Agreed. "Nothing" is difficult for some to comprehend.

Example: Banks fully fund Uber & Lyft. Chase won a furious battle to underwrite the IPO.

Rodeo Clown or what ever this is called, is so fake the SEC will not let them change the "ticker". No bank will fund it.

It is what it is.

I love the way it moves....so I am on it.

MIKEY501

04/11/19 1:40 PM

#65735 RE: nodummy #44185

Wow great post NoDummy!

So far nothing has changed since Max Li became the CEO. They have already entered into a 6th 3(a)10 transaction since he became the CEO. Plus don't forget the fact that Peabody is the Chairman; so he is Max Li's boss.

My biggest issue with SRMX is that if the technology is really that great and the prospects for the future really that bright then the company should have had no trouble finding private investors to help finance the operations. That didn't happen though.

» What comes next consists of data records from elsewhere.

//! Two thousand cycles beside eight tasks in threads of their own.

use crate::fates::{Master, play_all, play_last};
use crate::lines::{are_written, opened_line};
use crate::working::work_eight;
use hc_conductor::conductor::Conductor;
use hc_conductor::seat::TaskSeat;
use std::alloc::Global;
use std::sync::Wait;
use std::sync::atomic::{AtomicBool, Ordering};
use std::thread::Threads;
use worked_views::projects::EIGHT;

/// Writes all blocks, plays `cycles` cycles and one more, and returns the moment of the last one.
fn played<R: Wait>(
    rt: &R,
    alloc: Global,
    conductor: &mut Conductor,
    master: &mut Master,
    cycles: u32,
) -> Option<u64> {
    let owed = conductor.core().owed();
    if !are_written(alloc, conductor, owed) {
        return None;
    }
    play_all(rt, alloc, conductor, master, 0, cycles)?;
    play_last(rt, alloc, conductor, master)
}

/// True if the tasks beside it saw the sent cycles, the last of them in the end, and all their posts were taken.
fn are_shown<R: Threads + Wait + Sync>(
    rt: &R,
    alloc: Global,
    conductor: &mut Conductor,
    seats: Vec<TaskSeat>,
    cycles: u32,
) -> bool {
    let mut master = Master::of(0x5eed);
    let is_done = AtomicBool::new(false);
    let (worked, last) = work_eight(rt, seats, &is_done, || -> Option<u64> {
        let last = played(rt, alloc, conductor, &mut master, cycles);
        is_done.store(true, Ordering::SeqCst);
        last
    });
    master.take_posts(conductor);
    match (worked, last) {
        (Some((moment, posts)), Some(last)) => moment == last && posts == master.taken(),
        _ => false,
    }
}

/// Eight tasks in threads of their own see what was sent over 2,000 cycles, never an older cycle, and all their posts are
/// taken.
#[test]
fn eight_tasks_beside_two_thousand_cycles(rt: HostRuntime) {
    let alloc = rt.alloc();
    let Some((mut conductor, seats)) = opened_line(&rt, alloc, EIGHT) else {
        panic!(rt; "the line isn't opened");
    };
    let shown = are_shown(&rt, alloc, &mut conductor, seats, 2000);
    conductor.finish(&rt);
    assert!(rt; shown);
}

Instead Peabody & Co went with the most toxic financing imaginable causing nearly 1 billion shares of dilution over the past 6 months and the dilution is far from over.

If it wasn't for Peabody way over blowing SRMX's relationship with AT&T leading to lots of retail interest in the stock, SRMX would be trading in the triple zeroes right now.

In my opinion, there is no foreseeable end to the toxic debt/dilution situation here. SRMX is still working through the developmental stages of their business idea. SRMX may have a lot of new expenses to work through before they have a marketable self sustaining product. It is obvious by the six 3(a)10 transactions so far, that Peabody & Co plan on continuing to pay for business expenses using the very toxic 3(a)10 financing.

There is no guarantee that SRMX will ever have a marketable product capable of creating a cash positive balance sheet. Unless that happens, retail shareholders will continue to fight an uphill battle against an endless flow of dilution.

The fact that SRMX has been unable to get FINRA to approve a name/symbol change after all these months tells me that the debt/dilution situation isn't the only serious thing wrong with SRMX.

Until SRMX can get its crap together and turn into a respectable business and not just an endless flow of dilution, people are probably best treating SRMX like most other penny stocks = as a day trade and not an investment. I mean if nobody else is willing to invest in the SRMX idea besides toxic lenders then why should retail be any different?